尾関サンと一緒に出掛けるなと言ってしまった時に、あの子はあまりにも素っ頓狂な事を言った。
私の気持ちを知られなかった安堵感と、サチの鈍感さに対する若干の苛立ちはない交ぜになって『無』に近付いた。

何も変わらずに、ただサチと過ごせたらいいのに。
新撰組の毎日は危険と隣り合わせだけど、それでも平和を守るのが仕事だから、サチと過ごす平和も一緒に守れたら全てが丸く収まる。

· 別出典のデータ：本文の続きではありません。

//! Bytes and units with their normal forms, as an independent reading of the definitions gives them. What is damaged reads
//! as U+FFFD (EF BF BD in bytes): once for each longest part that begins a character, else for each byte, and for each
//! surrogate that stands alone.

/// A text in units of an encoding, its NFD and its NFC.
pub type Row<'r, U> = (&'r [U], &'r [U], &'r [U]);

/// Bytes, damaged in each way and not at all.
pub static BYTES: [Row<'static, u8>; 42] = [
    // a byte that may only stand after others: before a mark, at the end, and between marks
    (
        b"\x80\xcc\xa3\xc3\xa1",
        b"\xef\xbf\xbd\xcc\xa3a\xcc\x81",
        b"\xef\xbf\xbd\xcc\xa3\xc3\xa1",
    ),
    (b"ab\x80", b"ab\xef\xbf\xbd", b"ab\xef\xbf\xbd"),
    (
        b"b\xcc\xa3\xcc\x81\x80\xcc\xa3",
        b"b\xcc\xa3\xcc\x81\xef\xbf\xbd\xcc\xa3",
        b"b\xcc\xa3\xcc\x81\xef\xbf\xbd\xcc\xa3",
    ),
    // one that stands nowhere
    (
        b"\xff\xcc\xa3\xc3\xa1",
        b"\xef\xbf\xbd\xcc\xa3a\xcc\x81",
        b"\xef\xbf\xbd\xcc\xa3\xc3\xa1",
    ),
    (b"ab\xff", b"ab\xef\xbf\xbd", b"ab\xef\xbf\xbd"),
    (
        b"b\xcc\xa3\xcc\x81\xff\xcc\xa3",
        b"b\xcc\xa3\xcc\x81\xef\xbf\xbd\xcc\xa3",
        b"b\xcc\xa3\xcc\x81\xef\xbf\xbd\xcc\xa3",
    ),
    // sequences that are cut: of two bytes, of three and of four
    (
        b"\xc3\xcc\xa3\xc3\xa1",
        b"\xef\xbf\xbd\xcc\xa3a\xcc\x81",
        b"\xef\xbf\xbd\xcc\xa3\xc3\xa1",
    ),
    (b"ab\xc3", b"ab\xef\xbf\xbd", b"ab\xef\xbf\xbd"),
    (
        b"b\xcc\xa3\xcc\x81\xc3\xcc\xa3",
        b"b\xcc\xa3\xcc\x81\xef\xbf\xbd\xcc\xa3",
        b"b\xcc\xa3\xcc\x81\xef\xbf\xbd\xcc\xa3",
    ),
    (
        b"\xe1\xba\xcc\xa3\xc3\xa1",
        b"\xef\xbf\xbd\xcc\xa3a\xcc\x81",
        b"\xef\xbf\xbd\xcc\xa3\xc3\xa1",
    ),
    (b"ab\xe1\xba", b"ab\xef\xbf\xbd", b"ab\xef\xbf\xbd"),
    (
        b"b\xcc\xa3\xcc\x81\xe1\xba\xcc\xa3",
        b"b\xcc\xa3\xcc\x81\xef\xbf\xbd\xcc\xa3",
        b"b\xcc\xa3\xcc\x81\xef\xbf\xbd\xcc\xa3",
    ),
    (
        b"\xf0\x9f\x98\xcc\xa3\xc3\xa1",
        b"\xef\xbf\xbd\xcc\xa3a\xcc\x81",
        b"\xef\xbf\xbd\xcc\xa3\xc3\xa1",
    ),
    (b"ab\xf0\x9f\x98", b"ab\xef\xbf\xbd", b"ab\xef\xbf\xbd"),
    (
        b"b\xcc\xa3\xcc\x81\xf0\x9f\x98\xcc\xa3",
        b"b\xcc\xa3\xcc\x81\xef\xbf\xbd\xcc\xa3",
        b"b\xcc\xa3\xcc\x81\xef\xbf\xbd\xcc\xa3",
    ),
    // numbers with leading zeros, in two bytes and in three
    (
        b"\xc0\xaf\xcc\xa3\xc3\xa1",
        b"\xef\xbf\xbd\xef\xbf\xbd\xcc\xa3a\xcc\x81",
        b"\xef\xbf\xbd\xef\xbf\xbd\xcc\xa3\xc3\xa1",
    ),
    (
        b"ab\xc0\xaf",
        b"ab\xef\xbf\xbd\xef\xbf\xbd",
        b"ab\xef\xbf\xbd\xef\xbf\xbd",
    ),
    (
        b"b\xcc\xa3\xcc\x81\xc0\xaf\xcc\xa3",
        b"b\xcc\xa3\xcc\x81\xef\xbf\xbd\xef\xbf\xbd\xcc\xa3",
        b"b\xcc\xa3\xcc\x81\xef\xbf\xbd\xef\xbf\xbd\xcc\xa3",
    ),
    (
        b"\xe0\x80\xaf\xcc\xa3\xc3\xa1",
        b"\xef\xbf\xbd\xef\xbf\xbd\xef\xbf\xbd\xcc\xa3a\xcc\x81",
        b"\xef\xbf\xbd\xef\xbf\xbd\xef\xbf\xbd\xcc\xa3\xc3\xa1",
    ),
    (
        b"ab\xe0\x80\xaf",
        b"ab\xef\xbf\xbd\xef\xbf\xbd\xef\xbf\xbd",
        b"ab\xef\xbf\xbd\xef\xbf\xbd\xef\xbf\xbd",
    ),
    (
        b"b\xcc\xa3\xcc\x81\xe0\x80\xaf\xcc\xa3",
        b"b\xcc\xa3\xcc\x81\xef\xbf\xbd\xef\xbf\xbd\xef\xbf\xbd\xcc\xa3",
        b"b\xcc\xa3\xcc\x81\xef\xbf\xbd\xef\xbf\xbd\xef\xbf\xbd\xcc\xa3",
    ),
    // a surrogate
    (
        b"\xed\xa0\x80\xcc\xa3\xc3\xa1",
        b"\xef\xbf\xbd\xef\xbf\xbd\xef\xbf\xbd\xcc\xa3a\xcc\x81",
        b"\xef\xbf\xbd\xef\xbf\xbd\xef\xbf\xbd\xcc\xa3\xc3\xa1",
    ),
    (
        b"ab\xed\xa0\x80",
        b"ab\xef\xbf\xbd\xef\xbf\xbd\xef\xbf\xbd",
        b"ab\xef\xbf\xbd\xef\xbf\xbd\xef\xbf\xbd",
    ),
    (
        b"b\xcc\xa3\xcc\x81\xed\xa0\x80\xcc\xa3",
        b"b\xcc\xa3\xcc\x81\xef\xbf\xbd\xef\xbf\xbd\xef\xbf\xbd\xcc\xa3",
        b"b\xcc\xa3\xcc\x81\xef\xbf\xbd\xef\xbf\xbd\xef\xbf\xbd\xcc\xa3",
    ),
    // a number past U+10FFFF
    (
        b"\xf4\x90\x80\x80\xcc\xa3\xc3\xa1",
        b"\xef\xbf\xbd\xef\xbf\xbd\xef\xbf\xbd\xef\xbf\xbd\xcc\xa3a\xcc\x81",
        b"\xef\xbf\xbd\xef\xbf\xbd\xef\xbf\xbd\xef\xbf\xbd\xcc\xa3\xc3\xa1",
    ),
    (
        b"ab\xf4\x90\x80\x80",
        b"ab\xef\xbf\xbd\xef\xbf\xbd\xef\xbf\xbd\xef\xbf\xbd",
        b"ab\xef\xbf\xbd\xef\xbf\xbd\xef\xbf\xbd\xef\xbf\xbd",
    ),
    (
        b"b\xcc\xa3\xcc\x81\xf4\x90\x80\x80\xcc\xa3",
        b"b\xcc\xa3\xcc\x81\xef\xbf\xbd\xef\xbf\xbd\xef\xbf\xbd\xef\xbf\xbd\xcc\xa3",
        b"b\xcc\xa3\xcc\x81\xef\xbf\xbd\xef\xbf\xbd\xef\xbf\xbd\xef\xbf\xbd\xcc\xa3",
    ),
    // damage beside what changes
    (
        b"\xffa\xcc\x88\xff",
        b"\xef\xbf\xbda\xcc\x88\xef\xbf\xbd",
        b"\xef\xbf\xbd\xc3\xa4\xef\xbf\xbd",
    ),
    (
        b"a\xcc\x81\xff\xcc\x81\xcc\xa3",
        b"a\xcc\x81\xef\xbf\xbd\xcc\xa3\xcc\x81",
        b"\xc3\xa1\xef\xbf\xbd\xcc\xa3\xcc\x81",
    ),
    (
        b"\xea\xb0\x81\x80",
        b"\xe1\x84\x80\xe1\x85\xa1\xe1\x86\xa8\xef\xbf\xbd",
        b"\xea\xb0\x81\xef\xbf\xbd",
    ),
    (
        b"\xe1\x84\x80\xf0\x9f\xe1\x85\xa1",
        b"\xe1\x84\x80\xef\xbf\xbd\xe1\x85\xa1",
        b"\xe1\x84\x80\xef\xbf\xbd\xe1\x85\xa1",
    ),
    // nothing damaged
    (b"", b"", b""),
    (b"ab", b"ab", b"ab"),
    (b"\xc3\xa1", b"a\xcc\x81", b"\xc3\xa1"),
    (
        b"a\xcc\x81\xcc\xa3",
        b"a\xcc\xa3\xcc\x81",
        b"\xe1\xba\xa1\xcc\x81",
    ),
    (
        b"a\xcc\x81\xef\xbf\xbd",
        b"a\xcc\x81\xef\xbf\xbd",
        b"\xc3\xa1\xef\xbf\xbd",
    ),
    // characters of four bytes
    (
        b"\xf0\x9f\x98\x80",
        b"\xf0\x9f\x98\x80",
        b"\xf0\x9f\x98\x80",
    ),
    (
        b"\xf0\x9f\x98\x80\xcc\x81\xcc\xa3",
        b"\xf0\x9f\x98\x80\xcc\xa3\xcc\x81",
        b"\xf0\x9f\x98\x80\xcc\xa3\xcc\x81",
    ),
    (
        b"a\xf0\x9f\x98\x80\xc3\xa4",
        b"a\xf0\x9f\x98\x80a\xcc\x88",
        b"a\xf0\x9f\x98\x80\xc3\xa4",
    ),
    (
        b"\xf0\x91\x82\x9a",
        b"\xf0\x91\x82\x99\xf0\x91\x82\xba",
        b"\xf0\x91\x82\x9a",
    ),
    (
        b"\xf0\x91\x82\x99\xf0\x91\x82\xba\xcc\x81",
        b"\xf0\x91\x82\x99\xf0\x91\x82\xba\xcc\x81",
        b"\xf0\x91\x82\x9a\xcc\x81",
    ),
    (
        b"\xf0\x91\x82\x99\xcc\x81\xf0\x91\x82\xba",
        b"\xf0\x91\x82\x99\xf0\x91\x82\xba\xcc\x81",
        b"\xf0\x91\x82\x9a\xcc\x81",
    ),
];

/// Units, damaged in each way and not at all.
pub static UNITS: [Row<'static, u16>; 27] = [
    // a high surrogate: before a mark, at the end, and between marks
    (
        &[0xd800, 0x323, 0xe1],
        &[0xfffd, 0x323, 0x61, 0x301],
        &[0xfffd, 0x323, 0xe1],
    ),
    (
        &[0x61, 0x62, 0xd800],
        &[0x61, 0x62, 0xfffd],
        &[0x61, 0x62, 0xfffd],
    ),
    (
        &[0x62, 0x323, 0x301, 0xd800, 0x323],
        &[0x62, 0x323, 0x301, 0xfffd, 0x323],
        &[0x62, 0x323, 0x301, 0xfffd, 0x323],
    ),
    // a low one
    (
        &[0xdfff, 0x323, 0xe1],
        &[0xfffd, 0x323, 0x61, 0x301],
        &[0xfffd, 0x323, 0xe1],
    ),
    (
        &[0x61, 0x62, 0xdfff],
        &[0x61, 0x62, 0xfffd],
        &[0x61, 0x62, 0xfffd],
    ),
    (
        &[0x62, 0x323, 0x301, 0xdfff, 0x323],
        &[0x62, 0x323, 0x301, 0xfffd, 0x323],
        &[0x62, 0x323, 0x301, 0xfffd, 0x323],
    ),
    // both, the low one first
    (
        &[0xdc00, 0xd800, 0x323, 0xe1],
        &[0xfffd, 0xfffd, 0x323, 0x61, 0x301],
        &[0xfffd, 0xfffd, 0x323, 0xe1],
    ),
    (
        &[0x61, 0x62, 0xdc00, 0xd800],
        &[0x61, 0x62, 0xfffd, 0xfffd],
        &[0x61, 0x62, 0xfffd, 0xfffd],
    ),
    (
        &[0x62, 0x323, 0x301, 0xdc00, 0xd800, 0x323],
        &[0x62, 0x323, 0x301, 0xfffd, 0xfffd, 0x323],
        &[0x62, 0x323, 0x301, 0xfffd, 0xfffd, 0x323],
    ),
    // damage beside what changes, and beside a pair
    (
        &[0xdc00, 0x61, 0x308, 0xd800],
        &[0xfffd, 0x61, 0x308, 0xfffd],
        &[0xfffd, 0xe4, 0xfffd],
    ),
    (
        &[0x61, 0x301, 0xdc00, 0x301, 0x323],
        &[0x61, 0x301, 0xfffd, 0x323, 0x301],
        &[0xe1, 0xfffd, 0x323, 0x301],
    ),
    (
        &[0xac01, 0xd800],
        &[0x1100, 0x1161, 0x11a8, 0xfffd],
        &[0xac01, 0xfffd],
    ),
    (
        &[0x1100, 0xdc00, 0x1161],
        &[0x1100, 0xfffd, 0x1161],
        &[0x1100, 0xfffd, 0x1161],
    ),
    (
        &[0xd83d, 0xd83d, 0xde00, 0xde00],
        &[0xfffd, 0xd83d, 0xde00, 0xfffd],
        &[0xfffd, 0xd83d, 0xde00, 0xfffd],
    ),
    (
        &[0xd804, 0xdc99, 0xd804],
        &[0xd804, 0xdc99, 0xfffd],
        &[0xd804, 0xdc99, 0xfffd],
    ),
    // nothing damaged
    (&[], &[], &[]),
    (&[0x61, 0x62], &[0x61, 0x62], &[0x61, 0x62]),
    (&[0xe1], &[0x61, 0x301], &[0xe1]),
    (
        &[0x61, 0x301, 0x323],
        &[0x61, 0x323, 0x301],
        &[0x1ea1, 0x301],
    ),
    (
        &[0x61, 0x301, 0xfffd],
        &[0x61, 0x301, 0xfffd],
        &[0xe1, 0xfffd],
    ),
    // pairs
    (&[0xd83d, 0xde00], &[0xd83d, 0xde00], &[0xd83d, 0xde00]),
    (
        &[0xd83d, 0xde00, 0x301, 0x323],
        &[0xd83d, 0xde00, 0x323, 0x301],
        &[0xd83d, 0xde00, 0x323, 0x301],
    ),
    (
        &[0x61, 0xd83d, 0xde00, 0xe4],
        &[0x61, 0xd83d, 0xde00, 0x61, 0x308],
        &[0x61, 0xd83d, 0xde00, 0xe4],
    ),
    (
        &[0xd800, 0xdc00, 0xdbff, 0xdfff],
        &[0xd800, 0xdc00, 0xdbff, 0xdfff],
        &[0xd800, 0xdc00, 0xdbff, 0xdfff],
    ),
    (
        &[0xd804, 0xdc9a],
        &[0xd804, 0xdc99, 0xd804, 0xdcba],
        &[0xd804, 0xdc9a],
    ),
    (
        &[0xd804, 0xdc99, 0xd804, 0xdcba, 0x301],
        &[0xd804, 0xdc99, 0xd804, 0xdcba, 0x301],
        &[0xd804, 0xdc9a, 0x301],
    ),
    (
        &[0xd804, 0xdc99, 0x301, 0xd804, 0xdcba],
        &[0xd804, 0xdc99, 0xd804, 0xdcba, 0x301],
        &[0xd804, 0xdc9a, 0x301],
    ),
];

私は…山崎烝は、それほどまでにサチという女性に焦がれているのだ。



──それなのに。



「あ、山崎さーんっ。 サチちゃん、町で迷子になってたから捕獲したよー!」

「ほ、捕獲?! あ、あの、只今戻りました…山崎さんっ! すみません、道がわからなくなって…こう、まっすぐの道なのに迷うっていうのもおかしな話なんですが…、あの…すみません…」


「あははっ、サチちゃん謝りすぎ〜っ」



先日、迷子になっていたというサチが沖田サンと手を繋いで帰ってきた。
屯所の門を潜った辺りで離された二人の五指は、なんの意味もなく繋がれたものだと思う。
いや、そう思いたい。

私は、どうしても彼女が他の男と居るのが嫌で仕方なかった。



悋気を起こしてる場合じゃない。
前にそう言ったけれど、それでもやはり、嫉妬心はサチに固執して執着をしていた。
己自身の愚鈍な考え方にほとほと嫌気がさす。


笑ってくれるだけで良いと思っていたのは、もう過去の話なのかもしれない。

頭を撫でるだけでは物足りない。
初対面の時に手を握って感じた肌の柔らかさを、例え手袋越しでも知っているのだから。



「…はぁ」


溜め息は重く吐き出されて、海底に沈んでいるような圧迫感さえ感じた。
飴を置いていった彼女の背中を見ているしか出来なかった私は、懐紙に包まれた黄金色の飴をそっと握り締めた。


「…サチ」


きっと、彼女は傷ついたと思う。
非道く冷たい対処をしてしまった事を悔やみ、それでも優しく接しようとしてくれたサチの優しさに溺れた。

疲れている時は飴を舐めるといい。
そう言っていたのを思い出して、懐紙から一粒拾い上げた。

そのまま口に放り込めば、その見た目通りの味が口内を染めていく。


(…甘い)


まるであの子の存在を思わせる甘さだ。
疲れを癒してくれるというそれだって、サチと同じじゃないか。

その飴に歯を立てて噛み砕けば、塊はいとも簡単に砕けた。


飴玉のようなサチ。
謝る癖の抜けない、気の小さな彼女を傷付けるのだって、今みたいに簡単だ。

砕けた飴は先程よりも甘さを口の中で主張し始める。
傷付けてしまったサチも、この飴のように甘さを主張してくれるハズだ。
それともこれは、私が良いように考えすぎなのだろうか。


放っておいてほしいのは本心だ。
けれど、その所為でサチが私以外の場所を拠り所としてしまうのならば、それではあまりにも報われない。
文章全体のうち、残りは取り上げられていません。